The overall story works well enough, even if the narrative is rather too simple to satisfy as a whodunit of any species. But there are some plot points which don't ring true, some inconsequential, some fundamental. An example of the former occurs on Ellie's first buying trip: although she has a couple of years' experience as a coffee taster, it is supposedly a remarkable revelation to her that it takes 2000 coffee cherries to produce a pound of coffee. And, more reprehensibly, an example of the latter would Ellie's complete failure to comment on, or even notice, Thorpe's constant note-taking when she talks to him about her sister's murder. I started jotting these incongruities down, because at the time I thought I might be missing something, but I stopped after seventy or so pages when it became clear that the book was fundamentally flawed, or at least carelessly edited.

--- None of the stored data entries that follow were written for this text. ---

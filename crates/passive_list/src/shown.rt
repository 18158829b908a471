//! What the keeper has, for whoever only reads it: also of the CPUs for a retired entry, by tests for the conditions of looks, of a drain and
//! of its end.

ghost use Rattle.std.specs.Prelude.{◌≡◌, List, ◌<◌, slice_index_or, take, []};
ghost use Rattle.passive_list.specs.declared.keeper.KeptSlot.{KeptSlot};
ghost use Rattle.passive_list.specs.Keepers.{HasRows};
ghost use Rattle.registry_values.specs.Common.{have_passed, are_clear, are_collected};
ghost use Rattle.protocol.specs.Common.{mark_at};

use crate::keeper::{Keeper, KeptSlot, mark_place};
use registry_values::{Mark, Settings, are_clear, are_collected, have_passed};

impl Keeper {
    /// What the table was made for. `own` is what every keeper keeps of itself: it is at rest, some state shows its view, and the settings are fit.
    #[tactic(auto, using(crate::proofs::Rows::has_rows))]
    pub fn settings(&self) -> Settings
        ensures value { result ≡ self.now.words.settings }
        ensures own { (rows : List KeptSlot) × HasRows self.now rows }
    {
        self.settings
    }

    /// What it has of each slot, from 0: it agrees with what its seat knows.
    #[tactic(auto, using(crate::proofs::Rows::has_rows))]
    pub fn rows(&self) -> &[KeptSlot]
        ensures { HasRows self.now result.now }
    {
        &self.rows
    }
}

impl Keeper {
    /// The mark of a CPU for the retired entry in `slot`; for another slot it says nothing.
    /// Condition: the slot and the CPU are of the table.
    pub fn mark(&self, slot: u8, cpu: u8) -> Mark
        requires { (slot < self.now.words.settings.slots) × (cpu < self.now.words.settings.cpus) }
        ensures { result ≡ mark_at self.now.keeper.view.marks slot cpu }
    {
        self.marks[mark_place(self.settings.cpus, slot, cpu)]
    }

    /// Whether all CPUs have passed for the entry in `slot` (pserialize(9)): no section may hold it any more.
    /// Condition: the slot is one of the table's.
    pub fn have_passed(&self, slot: u8) -> bool
        requires { slot < self.now.words.settings.slots }
        ensures { result ≡ have_passed self.now.words.settings.cpus (slice_index_or self.now.keeper.view.marks slot []) }
    {
        have_passed(self.settings.cpus, self.marks_of(slot))
    }

    /// Whether all CPUs are clear for the entry in `slot` (psref(9)): none has a passive reference to it any more.
    /// Condition: the slot is one of the table's.
    pub fn are_clear(&self, slot: u8) -> bool
        requires { slot < self.now.words.settings.slots }
        ensures { result ≡ are_clear self.now.words.settings.cpus (slice_index_or self.now.keeper.view.marks slot []) }
    {
        are_clear(self.settings.cpus, self.marks_of(slot))
    }

    /// Whether the count words of all CPUs for the entry in `slot` were collected (localcount(9)).
    /// Condition: the slot is one of the table's.
    pub fn are_collected(&self, slot: u8) -> bool
        requires { slot < self.now.words.settings.slots }
        ensures { result ≡ are_collected self.now.words.settings.cpus (slice_index_or self.now.keeper.view.marks slot []) }
    {
        are_collected(self.settings.cpus, self.marks_of(slot))
    }

    /// The slot's marks, and all that lie behind them.
    /// Condition: the slot is one of the table's.
    pub(crate) fn marks_of(&self, slot: u8) -> &[Mark]
        requires { slot < self.now.words.settings.slots }
        ensures { take self.now.words.settings.cpus result.now ≡ take self.now.words.settings.cpus (slice_index_or self.now.keeper.view.marks slot []) }
    {
        &self.marks[mark_place(self.settings.cpus, slot, 0)..]
    }
}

When the final twist came, I presumed that it was a red herring, as there were still over fifty pages to read, but instead it just wound down over almost a sixth of the book. It made me think of Bartledan, the emotionless planet in Douglas Adams' Mostly Harmless, where all novels finish after exactly 100,000 words, even if that occurs mid-sentence.

I think I should go a little way to undoing the damage that I have wrought by highlighting a decent book. As a bookseller, I can hardly send people away without recommending something. So Ten Storey Love Song by Richard Milward, published by Faber in April, is bloody marvellous. Reading in the blurb that he'd written it in the form of one continuous paragraph - it's nearly 300 pages - nearly put me off, but the book both justifies the effect and makes the most of it.

Its characters live in a run-down council block, all living lives of drugs, violence and false hope. Some of the cruder opening scenes were uncomfortably like much of Irvine Welsh's Filth - a book as dire as Trainspotting is sublime - but it's a book full of nuance and wit, allowing its characters' true natures to chivvy the plot along with just enough impetus to reach a cathartically moving conclusion.

By the way, it's his second book, he's twenty-three and the film rights to his first have just been bought by Hollywood. And he's nice, utterly lovely in fact. Tch!

On the subject of new talent, I've found it disappointing that so much new radio comedy over the last couple of years has been so turgid and clunking, the first Laura Solon series and most episodes of Ed Reardon's Week aside, that my ears were fair twitching with pleasure on hearing Radio 7's 15-minute sketch show on Sundays, A Series of Psychotic Episodes.

It's a little raw in its both writing and presentation, but the humour is so sharply original that it seems apparent already that its writer, Miriam Elia, is going to be a star (or at least constantly passed over by commissioning editors in favour of supposedly 'edgy' attention-seeking dross). Episodes are available for the time being on the BBC website and it's worth a listen for, amongst my favourites, the sketch 'Postmodern Pat and his Abstract Cat' and this wonderful line:

Were you born in the eighties? Then you may be entitled to compensation.

1 comment:

Anonymous said...

You'll be glad to know 'Post-modern Pat' is being made into a cartoon!